The next ball after that six he did something that was borderline freakish but it wasn't the moment, not yet. Still, it's worth lingering over that shot for just a little bit. Cummins bowled a cutter, really dug into the pitch and it took off from there. It ended up not just chest-high but because Pandya had shifted across just a touch, the ball now had his right shoulder firmly in its sights. He'd be cramped here for sure and how many times have you seen just such a shot end in a little tickle to the wicketkeeper? "Cramped himself a little there Pandya, and the extra bounce from Cummins does for him… India 273-3 now, good hand," says AN Commentator.
But then - and I apologise because I don't understand what combination of brain, eye, physiology and physics whirred this into happening - and the ball was slipping off his bat, not like a cut but if you threw a cut, a dab and a glide into a hotel room and let them get it on, you might get this shot. It nearly went for six at deep point. This wasn't the shot.
So that shot. Cummins had just bowled another slower bouncer which Pandya had missed. Like all good bowlers at the death, he had to keep Pandya guessing. He chose to go with the wide yorker. Now the wide yorker is not the Superman of death bowling. It isn't invincible. It does not leap buildings in a single bound and no speedgun has ever recorded it as faster than a speeding bullet.
But it's a good ball to bowl most days to most batsmen. It gets them thinking. A reverse-lap-scoop maybe, or move to square leg and try and dupe the umpire into giving it wide. A punt, to cover or point, a single, let's move on. MS Dhoni, when he's feeling it, chooses to helicopter-shot it into oblivion but he's MS Dhoni.
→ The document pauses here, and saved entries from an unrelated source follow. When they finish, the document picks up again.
//! Whether every protocol that a plan names, at first or in a later change, is one that this type of module serves.
ghost use Rattle.std.specs.Prelude.{ℕ, true, ◌≡◌, ◌<◌, IsTrue, length};
ghost use Rattle.upd_base.specs.Plan.{steps_of};
ghost use Rattle.group_run.specs.Laws.{ServesPlan};
ghost use Rattle.member_rules.specs.Kept.{rules_of};
ghost use Rattle.run_journal.specs.Serving.{ServesStep, ServesThread};

use order_trait::Ordering;
use upd_base::{Call, Plan, Step};

/// Whether modules of this type serve the kinds of a plan: that of version 0, and those that its changes ask for.
pub fn serves<O: Ordering>(plan: &Plan) -> bool
    ensures first { IsTrue result → O.is_served plan.now.first ≡ true }
    ensures changes { IsTrue result → ServesPlan (rules_of O.Ordering) plan.now }
    ensures all { O.is_served plan.now.first ≡ true → ServesPlan (rules_of O.Ordering) plan.now → IsTrue result }
{
    if !O::serves(plan.first()) {
        return false;
    }
    for thread in 0..plan.threads() {
        if !serves_thread::<O>(plan, thread) {
            return false;
        }
    }
    true
}

fn serves_thread<O: Ordering>(plan: &Plan, thread: u8) -> bool
    requires { thread < length plan.now.threads }
    ensures some { IsTrue result → ServesThread O.is_served plan.now thread (length (steps_of plan.now thread)) }
    ensures all { ServesThread O.is_served plan.now thread (length (steps_of plan.now thread)) → IsTrue result }
{
    for index in 0..plan.steps(thread) {
        if !serves_step::<O>(plan.step(thread, index)) {
            return false;
        }
    }
    true
}

fn serves_step<O: Ordering>(step: &Step) -> bool
    ensures some { IsTrue result → ServesStep O.is_served step.now }
    ensures all { ServesStep O.is_served step.now → IsTrue result }
{
    match &step.call {
        Call::Change(kind) => O::serves(*kind),
        Call::Send(_) | Call::Suspect(_) | Call::Trust(_) | Call::Crash => true,
    }
}
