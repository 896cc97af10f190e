//! What waits, what is decided and what was delivered: batches in the order of their instances, each item
//! once.
#![tactic(auto)]

mod delivery;

pub use delivery::Delivery;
WATCH on Hotstar (India only) - Pandya cuts loose
Pandya again shifted across, just before delivery, but also deeper into his crease and looked as if he might just chop down on the ball once he had intuited its length and line. And then happened that whirl which, I'm sorry again, is impossible to explain but this much is clear that by its end, the face of his bat was facing third man, the back of it mid-on and impact between bat, ball and ground all happened at once. He was crouching, looking all wrong and squeezing this impossibility into extreme possibility. And again it was speeding away for four more.
A boundary through point off a wide yorker is stuff that now happens. It is a part of our reality. Batsmen can open the face and let it glide off their bat and it's usually a fairly conventional looking stroke. But nothing about how Pandya played it looked like it had ever happened before. All at once he had deflected this wide yorker, scooped this wide yorker (but not in the air at all), glided this wide yorker, guided this wide yorker, maybe even square- driven this wide yorker. It's worth repeating that his bat face was to third man and by its end, his hands were holding the handle all wrong and yet the ball was whizzing to the right of backward point and not to the left, between that man and short third man. The field was wrong sure, but the shot was wrong too and all of it was so, so right.
This is not doing any justice to it really. Watch it again if you can, wherever you can: 45.3, slow it down, pause it and watch it. There may well have been moments earlier in his career that made his freak obvious to you and maybe this was a freak shot, but it feels right to think of it as the shot of a freak.